Try it:
Transcribe all the entries that follow, leaving nothing out.

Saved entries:
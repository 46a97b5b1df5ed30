//! What the tests share: choosers, what receipts hold, bits of PxIS, and a wait for another thread.
ghost use Rattle.std.specs.Prelude.{◌≡◌, vec_len, IfOk};

use ahci_driver::{All, Chooser, High, Low, Receipt};
use ahci_port::DeviceStep;
use arrayvec::ArrayVec;
use std::alloc::{AllocError, Global};
use std::process::Abort;
use std::sync::atomic::AtomicBool;
use std::sync::atomic::Ordering::SeqCst;
use std::thread;
use test_helpers::{FAIL_0, TableStep};

/// A chooser for each worker, all of one way.
pub fn crowd(alloc: Global, one: Way, workers: u32) -> Result<Vec<Way>, AllocError>
    ensures { IfOk result (λ v. vec_len v ≡ workers) }
{
    let mut choosers = Vec::new(alloc);
    for worker in 0..workers {
        choosers.push(one.of_worker(worker))?;
    }
    Ok(choosers)
}

/// How a chooser goes about it.
#[derive(Clone, Copy, Debug, Drop)]
pub enum Way {
    Lowest,
    Highest,
    All,
    /// It knows one step.
    Always(TableStep),
    /// As the lowest, but that its second call fails tag 0 at sector 0; with the calls so far.
    FailsSecond(u8),
    /// Any step of any tag, by a generator with this state.
    Random(u64),
}

impl Way {
    /// What a worker gets: chance isn't the same for all.
    fn of_worker(self, worker: u32) -> Way {
        match self {
            Way::Random(state) => Way::Random(state.wrapping_add(u64::from(worker) << 32)),
            _ => self,
        }
    }
}

impl Chooser for Way {
    fn next(&mut self, issued: u32, accepted: u32) -> DeviceStep {
        match self {
            Way::Lowest => Low.next(issued, accepted),
            Way::Highest => High.next(issued, accepted),
            Way::All => All.next(issued, accepted),
            Way::Always(step) => step.of_device(),
            Way::FailsSecond(calls) => {
                *calls = calls.saturating_add(1);
                if *calls == 2 {
                    return FAIL_0.of_device();
                }
                Low.next(issued, accepted)
            }
            Way::Random(state) => {
                *state = state
                    .wrapping_mul(6_364_136_223_846_793_005)
                    .wrapping_add(1);
                random_step(*state >> 32)
            }
        }
    }
}

/// A step made of the low bits of a number.
fn random_step(bits: u64) -> DeviceStep {
    let tag = (bits % 33) as u8;
    match bits / 64 % 5 {
        0 | 1 => DeviceStep::Accept(tag),
        2 | 3 => DeviceStep::Serve(random_list(bits / 320)),
        _ => DeviceStep::Fail {
            tag,
            error: 0x40,
            at: bits / 512 % 9,
        },
    }
}

/// A list of up to 3 tags made of a number's digits.
fn random_list(digits: u64) -> ArrayVec<u8, 32> {
    let mut tags = ArrayVec::new();
    let mut rest = digits / 4;
    for _ in 0..digits % 4 {
        let _ = tags.try_push((rest % 33) as u8);
        rest /= 33;
    }
    tags
}

/// PxIS, of which a recovery alone clears bits: all of them, before it reads the log (AHCI 1.3.1, section 6.2.2).
pub const PXIS: u32 = 0x110;

/// Its bit of a Set Device Bits FIS, by which commands are completed (section 3.3.5).
pub const SDBS: u32 = 0x8;

/// Its bit of a PIO Setup FIS, by which READ LOG EXT is answered.
pub const PSS: u32 = 0x2;

/// Whether so many bytes are all the same one.
pub fn is_filled(bytes: &[u8], len: usize, byte: u8) -> bool {
    bytes.len() == len && bytes.iter().all(|b| *b == byte)
}

/// The byte that a receipt's one sector is filled with.
pub fn byte_of(receipt: &Receipt) -> Option<u8> {
    let bytes = receipt.bytes.as_slice();
    let first = *bytes.first()?;
    is_filled(bytes, 512, first).then_some(first)
}

/// Waits until another thread has raised a flag, and answers whether it has. It does not wait for ever: where threads can't be
/// made, nobody raises it.
pub fn waits_for(flag: &AtomicBool) -> bool {
    for _ in 0..1_000_000u32 {
        if flag.load(SeqCst) {
            return true;
        }
        thread::yield_now();
    }
    false
}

Reply to the exercise:
repository 46a97b5b1df5ed30
//! What the tests share: choosers, what receipts hold, bits of PxIS, and a wait for another thread.
ghost use Rattle.std.specs.Prelude.{◌≡◌, vec_len, IfOk};

use ahci_driver::{All, Chooser, High, Low, Receipt};
use ahci_port::DeviceStep;
use arrayvec::ArrayVec;
use std::alloc::{AllocError, Global};
use std::process::Abort;
use std::sync::atomic::AtomicBool;
use std::sync::atomic::Ordering::SeqCst;
use std::thread;
use test_helpers::{FAIL_0, TableStep};

/// A chooser for each worker, all of one way.
pub fn crowd(alloc: Global, one: Way, workers: u32) -> Result<Vec<Way>, AllocError>
    ensures { IfOk result (λ v. vec_len v ≡ workers) }
{
    let mut choosers = Vec::new(alloc);
    for worker in 0..workers {
        choosers.push(one.of_worker(worker))?;
    }
    Ok(choosers)
}

/// How a chooser goes about it.
#[derive(Clone, Copy, Debug, Drop)]
pub enum Way {
    Lowest,
    Highest,
    All,
    /// It knows one step.
    Always(TableStep),
    /// As the lowest, but that its second call fails tag 0 at sector 0; with the calls so far.
    FailsSecond(u8),
    /// Any step of any tag, by a generator with this state.
    Random(u64),
}

impl Way {
    /// What a worker gets: chance isn't the same for all.
    fn of_worker(self, worker: u32) -> Way {
        match self {
            Way::Random(state) => Way::Random(state.wrapping_add(u64::from(worker) << 32)),
            _ => self,
        }
    }
}

impl Chooser for Way {
    fn next(&mut self, issued: u32, accepted: u32) -> DeviceStep {
        match self {
            Way::Lowest => Low.next(issued, accepted),
            Way::Highest => High.next(issued, accepted),
            Way::All => All.next(issued, accepted),
            Way::Always(step) => step.of_device(),
            Way::FailsSecond(calls) => {
                *calls = calls.saturating_add(1);
                if *calls == 2 {
                    return FAIL_0.of_device();
                }
                Low.next(issued, accepted)
            }
            Way::Random(state) => {
                *state = state
                    .wrapping_mul(6_364_136_223_846_793_005)
                    .wrapping_add(1);
                random_step(*state >> 32)
            }
        }
    }
}

/// A step made of the low bits of a number.
fn random_step(bits: u64) -> DeviceStep {
    let tag = (bits % 33) as u8;
    match bits / 64 % 5 {
        0 | 1 => DeviceStep::Accept(tag),
        2 | 3 => DeviceStep::Serve(random_list(bits / 320)),
        _ => DeviceStep::Fail {
            tag,
            error: 0x40,
            at: bits / 512 % 9,
        },
    }
}

/// A list of up to 3 tags made of a number's digits.
fn random_list(digits: u64) -> ArrayVec<u8, 32> {
    let mut tags = ArrayVec::new();
    let mut rest = digits / 4;
    for _ in 0..digits % 4 {
        let _ = tags.try_push((rest % 33) as u8);
        rest /= 33;
    }
    tags
}

/// PxIS, of which a recovery alone clears bits: all of them, before it reads the log (AHCI 1.3.1, section 6.2.2).
pub const PXIS: u32 = 0x110;

/// Its bit of a Set Device Bits FIS, by which commands are completed (section 3.3.5).
pub const SDBS: u32 = 0x8;

/// Its bit of a PIO Setup FIS, by which READ LOG EXT is answered.
pub const PSS: u32 = 0x2;

/// Whether so many bytes are all the same one.
pub fn is_filled(bytes: &[u8], len: usize, byte: u8) -> bool {
    bytes.len() == len && bytes.iter().all(|b| *b == byte)
}

/// The byte that a receipt's one sector is filled with.
pub fn byte_of(receipt: &Receipt) -> Option<u8> {
    let bytes = receipt.bytes.as_slice();
    let first = *bytes.first()?;
    is_filled(bytes, 512, first).then_some(first)
}

/// Waits until another thread has raised a flag, and answers whether it has. It does not wait for ever: where threads can't be
/// made, nobody raises it.
pub fn waits_for(flag: &AtomicBool) -> bool {
    for _ in 0..1_000_000u32 {
        if flag.load(SeqCst) {
            return true;
        }
        thread::yield_now();
    }
    false
}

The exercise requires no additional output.